Weak-to-Strong Generalization

Weak-to-Strong Generalization is the problem of how a weak AI model can supervise a stronger one without the supervisor becoming a ceiling on the trainee's capabilities. The concept was formalized by OpenAI in a 2023 paper that demonstrated a surprising result: while a weak supervisor can label data that trains a stronger model to match the weak model's performance, the stronger model can often generalize beyond the weak supervisor — learning correct patterns that the weaker model could not identify on its own. This phenomenon is significant because it suggests that aligning superhuman models may not require equally superhuman overseers; capable-but-imperfect supervisors may still provide sufficient training signal.

The mechanism involves standard RLHF or behavioral cloning pipelines where a weak reward model or supervisor generates training labels for a stronger model. The key empirical finding is that stronger student models recover much of their capabilities even when trained on labels from supervisors they would outperform — in some cases achieving near-ceiling performance on tasks where the supervisor had low accuracy. This generalization appears to happen because the stronger model can infer the true underlying structure of the task from the weak supervision signal in ways the weak model cannot, essentially reverse-engineering the intended behavior from imperfect demonstrations rather than simply memorizing the supervisor's outputs.

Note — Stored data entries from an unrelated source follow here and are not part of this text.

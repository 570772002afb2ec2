// What a C caller is told: the papers' numbers for the enums' cases.
ghost use Rattle.std.specs.Prelude.{◌≡◌};
ghost use Rattle.commands.specs.Decoding.{reason_number};
ghost use Rattle.runs.specs.Running as running;
ghost use Rattle.fills.specs.Fills as fills;
ghost use Rattle.interface.specs.Replies.{bit_of, image_reply, table_reply, reason_in, slot_in, run_refusal, ran_reply, fill_refusal, filling_reply, doorbell_refusal, acknowledge_refusal, clear_refusal, miss_number, outcome_reply, transaction_refusal, is_reply};

use crate::{Reply, Tells, nothing};
use commands::Reason;
use control_calls::{AcknowledgeRefusal, ClearRefusal, DoorbellRefusal};
use fills::{FillEnd, FillRefusal, Filling};
use image::Refusal;
use image_state::State;
use runs::{End, Ran, RunRefusal};
use transactions::{Miss, Outcome, TransactionRefusal};

fn bit_of(on: bool) -> u64
    ensures { result ≡ bit_of on }
{
    u64::from(on)
}

impl Tells for Refusal {
    ghost reply = { image_reply };

    fn reply(self) -> Reply {
        match self {
            Refusal::BadLength => nothing(1),
            Refusal::BadControl => nothing(2),
            Refusal::BadRow(i) => Reply {
                code: 3,
                words: [i as u64, 0, 0, 0, 0, 0, 0, 0],
            },
        }
    }
}

// Document 02, T-11: why the second table is refused.
impl Tells for regions::Refusal {
    ghost reply = { table_reply };

    fn reply(self) -> Reply {
        match self {
            regions::Refusal::BadLength => nothing(13),
            regions::Refusal::BadRow(i) => Reply {
                code: 14,
                words: [i as u64, 0, 0, 0, 0, 0, 0, 0],
            },
        }
    }
}

fn end_number(e: End) -> u64
    ensures { result ≡ running.end_number e }
{
    match e {
        End::Off => 0,
        End::Held => 1,
        End::Empty => 2,
        End::Raised(_) => 3,
        End::Cut => 4,
    }
}

// Document 02, T-09: why a command is illegal, by its number.
fn reason_number(why: Reason) -> u64
    ensures { result ≡ reason_number why }
{
    match why {
        Reason::UnknownCode => 1,
        Reason::FeatureAbsent => 2,
        Reason::ReservedBit => 3,
        Reason::BadParameter => 4,
    }
}

// What a raised error tells: its reason and its slot, and 0 where none was raised.
fn reason_in(e: End) -> u64
    ensures { result ≡ reason_in e }
{
    match e {
        End::Raised(told) => {
            let why = told.why;
            reason_number(why)
        }
        _ => 0,
    }
}

fn slot_in(e: End) -> u64
    ensures { result ≡ slot_in e }
{
    match e {
        End::Raised(told) => told.slot,
        _ => 0,
    }
}

impl Tells for RunRefusal {
    ghost reply = { run_refusal };

    fn reply(self) -> Reply {
        match self {
            RunRefusal::Image(why) => why.reply(),
            RunRefusal::Table(why) => why.reply(),
            RunRefusal::BadQueue => nothing(4),
        }
    }
}

impl Tells for Ran {
    ghost reply = { ran_reply };

    fn reply(self) -> Reply {
        let ran = self;
        let e = ran.end;
        Reply {
            code: 0,
            words: [
                end_number(e),
                ran.consumed,
                ran.stores,
                ran.removed,
                ran.syncs,
                reason_in(e),
                slot_in(e),
                0,
            ],
        }
    }
}

fn fill_end_number(e: FillEnd) -> u64
    ensures { result ≡ fills.end_number e }
{
    match e {
        FillEnd::Filled => 0,
        FillEnd::Cut => 1,
    }
}

impl Tells for FillRefusal {
    ghost reply = { fill_refusal };

    fn reply(self) -> Reply {
        match self {
            FillRefusal::Image(why) => why.reply(),
            FillRefusal::NoSuchRow => nothing(7),
            FillRefusal::RowInUse => nothing(8),
            FillRefusal::Unfit => nothing(9),
            FillRefusal::Doubled => nothing(11),
        }
    }
}

// Of either table.
impl Tells for Filling {
    ghost reply = { filling_reply };

    fn reply(self) -> Reply {
        let filling = self;
        let e = filling.end;
        Reply {
            code: 0,
            words: [fill_end_number(e), filling.stores, 0, 0, 0, 0, 0, 0],
        }
    }
}

impl Tells for DoorbellRefusal {
    ghost reply = { doorbell_refusal };

    fn reply(self) -> Reply {
        match self {
            DoorbellRefusal::Image(why) => why.reply(),
            DoorbellRefusal::BadIndex => nothing(5),
        }
    }
}

impl Tells for AcknowledgeRefusal {
    ghost reply = { acknowledge_refusal };

    fn reply(self) -> Reply {
        match self {
            AcknowledgeRefusal::Image(why) => why.reply(),
            AcknowledgeRefusal::NoError => nothing(6),
        }
    }
}

impl Tells for ClearRefusal {
    ghost reply = { clear_refusal };

    fn reply(self) -> Reply {
        match self {
            ClearRefusal::Image(why) => why.reply(),
            ClearRefusal::NotPending => nothing(12),
        }
    }
}

fn miss_number(miss: Miss) -> u64
    ensures { result ≡ miss_number miss }
{
    match miss {
        Miss::Ste => 2,
        Miss::Cd => 3,
        Miss::Stage1 => 4,
        Miss::Stage2 => 5,
    }
}

impl Tells for Outcome {
    ghost reply = { outcome_reply };

    fn reply(self) -> Reply {
        match self {
            Outcome::Translated(out) => {
                let a = out.attributes;
                Reply {
                    code: 0,
                    words: [
                        0,
                        out.address,
                        a.memattr,
                        a.sh,
                        a.hints,
                        bit_of(out.instruction),
                        bit_of(out.privileged),
                        0,
                    ],
                }
            }
            Outcome::Abort => Reply {
                code: 0,
                words: [1, 0, 0, 0, 0, 0, 0, 0],
            },
            Outcome::Missed(miss) => Reply {
                code: 0,
                words: [miss_number(miss), 0, 0, 0, 0, 0, 0, 0],
            },
        }
    }
}

impl Tells for TransactionRefusal {
    ghost reply = { transaction_refusal };

    fn reply(self) -> Reply {
        match self {
            TransactionRefusal::Image(why) => why.reply(),
            TransactionRefusal::IllFormed => nothing(10),
        }
    }
}

impl Tells for State {
    ghost reply = { is_reply };

    fn reply(self) -> Reply {
        let s = self;
        Reply {
            code: 0,
            words: [
                s.rd,
                s.wr,
                s.err,
                bit_of(s.active),
                bit_of(s.enabled),
                s.used,
                0,
                0,
            ],
        }
    }
}
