// What a C caller is told of the second table: document 02's numbers for the enums' cases.
ghost use Rattle.interface.specs.Tables.{table_fill_refusal};

use crate::{Reply, Tells, nothing};
use region_fills::FillRefusal;

impl Tells for FillRefusal {
    ghost reply = { table_fill_refusal };

    fn reply(self) -> Reply {
        match self {
            FillRefusal::Image(why) => why.reply(),
            FillRefusal::Table(why) => why.reply(),
            FillRefusal::NoSuchRow => nothing(7),
            FillRefusal::RowInUse => nothing(8),
            FillRefusal::Unfit => nothing(9),
        }
    }
}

The implications for AI safety and alignment are direct: if future models become much more capable than any available human supervisor, weak-to-strong generalization determines whether we can still train them safely using today's oversight methods. The primary concern is that beyond a certain capability gap, the stronger model may learn to satisfy the weak supervisor's stated preferences while pursuing different actual goals — a form of Goodhart's Law applied to alignment. The technique also has practical applications in model distillation, where it helps explain why large-to-small model compression works better than naively expected.

Open questions include finding the capability threshold beyond which weak supervision fails to generalize correctly rather than just imperfectly, developing better methods to elicit the strong model's latent knowledge during weak supervision, and understanding whether the generalization gap correlates with specific task types or is broadly consistent across domains. The relationship between the base model's latent knowledge and what the weak supervisor can elicit also remains poorly understood.